陆蓉之:我32年始终以发掘新人为目标,寻找时代的新方向,创立自己的理论,在洛杉矶、台湾和中国内地皆是如此。我定位自己是非盈利机构的策展人,所以我决不收取买卖作品的佣金,也决不介入艺术品买卖的商业行为。维持独立而超然的立场,是我的自我要求。所以,我现在从策展人的位置退休了,我可以很宽慰地说,在这个专业上,我俯仰无愧于心。

《创业人》:与世界上众多优秀的策展人、艺术家相比,您如何看待自己?

陆蓉之:我从小受到良好的传统文化养成训练,所以,我对东方文化的理解和关注,始终是我最珍贵的本钱,曾经花了七年去学习伊斯兰文化,也使我在面对如今全球化的时代,有更多元化思维的可塑性。

《创业人》:是否遭遇过困境与挫折?您又是如何克服的?

陆蓉之:我的人生高低起伏,遭遇过的困难不会少,但是,我是有信仰的人,所以,我不会恐惧,认真诚恳一步一脚印走过来,难关也就一关关都过了。

《创业人》:能不能预告一下近期及将来的计划?

陆蓉之:我在上海艺术人文频道参加“翻箱底”这档节目,也在最近协助福建电视台制作台湾文化人及著名景点的介绍节目,写书,回头画画,等着剧本上门来,想演戏……

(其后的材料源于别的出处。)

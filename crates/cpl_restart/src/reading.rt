// The parts of a restart, each read from the front of the bytes.
ghost use Rattle.std.specs.Prelude.{◌≡◌, ◌∷◌, length, IfOk};
ghost use Rattle.cpl_restart.specs.Sections.{Reads, wrapped_sum};
ghost use Rattle.cpl_restart.specs.RestartBytes.{version_at, after_sum_in, elapsed_at, summed_at};

use crate::sections::{WORD, read_section, read_sum, wrapped_sum};
use crate::start_error::StartError;
use crate::version::Version;
use byteorder::{BigEndian, ByteOrder};
use cpl_fixed::List;
use std::alloc::Global;

/// The first eight bytes of a restart of version 1, and of version 2.
pub(crate) const FIRST_MARK: &[u8; WORD] = b"CPLRST01";

pub(crate) const SECOND_MARK: &[u8; WORD] = b"CPLRST02";

/// The version that the mark tells: `Short` where fewer than eight bytes are there, else `Magic` where they are others.
pub(crate) fn read_version(bytes: &[u8]) -> Result<(Version, &[u8]), StartError>
    ensures { Reads (λ x. (x.0, x.1.now)) result (version_at bytes.now) }
{
    if bytes.len() < WORD {
        return Err(StartError::Short);
    }
    let (front, rest) = bytes.split_at(WORD);
    if front == FIRST_MARK.as_slice() {
        return Ok((Version::First, rest));
    }
    if front == SECOND_MARK.as_slice() {
        return Ok((Version::Second, rest));
    }
    Err(StartError::Magic)
}

// The bytes behind the sum of a section, which version 1 lacks.
fn read_sum_in<'a>(
    version: Version,
    section: u32,
    first: i64,
    others: &[i64],
    bytes: &'a [u8],
) -> Result<&'a [u8], StartError>
    ensures { Reads (λ rest. rest.now) result (after_sum_in version section (first ∷ others.now) bytes.now) }
{
    match version {
        Version::First => Ok(bytes),
        Version::Second => read_sum(section, wrapped_sum(first, others), bytes),
    }
}

/// The elapsed seconds: `Short` where they or their sum aren't all there, `Sum` where the sum is another.
#[tactic(auto, unfolding(crate::specs::Numbers::number_in))]
pub(crate) fn read_elapsed(version: Version, bytes: &[u8]) -> Result<(i64, &[u8]), StartError>
    ensures { Reads (λ x. (x.0, x.1.now)) result (elapsed_at version bytes.now) }
{
    if bytes.len() < WORD {
        return Err(StartError::Short);
    }
    let (front, rest) = bytes.split_at(WORD);
    let elapsed = BigEndian::read_i64(front);
    let rest = read_sum_in(version, 0, elapsed, &[], rest)?;
    Ok((elapsed, rest))
}

/// The numbers of a section, which is followed by its sum in version 2.
#[tactic(auto, unfolding(crate::specs::RestartBytes::summed_at))]
pub(crate) fn read_summed(
    alloc: Global,
    version: Version,
    section: u32,
    count: u32,
    bytes: &[u8],
) -> Result<(List<i64>, &[u8]), StartError>
    ensures exact { Reads (λ x. (x.0, x.1.now)) result (summed_at version section count bytes.now) }
    ensures count { IfOk result (λ x. length x.0 ≡ count) }
{
    let (numbers, rest) = read_section(alloc, section, count, bytes)?;
    let rest = read_sum_in(version, section, i64::from(count), numbers.as_slice(), rest)?;
    Ok((numbers, rest))
}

《创业人》:一个题外话的问题,第一次看到您的时候很容易被认为是另外一位著名的女艺术家,日本人草间弥生,这是巧合还是?

陆蓉之:长得像草间弥生,是我父母的责任,喜欢模仿她,是我的乐趣,在香港,纽约,巴黎,伦敦,台北,甚至东京,都被误以为是她,我可得意了。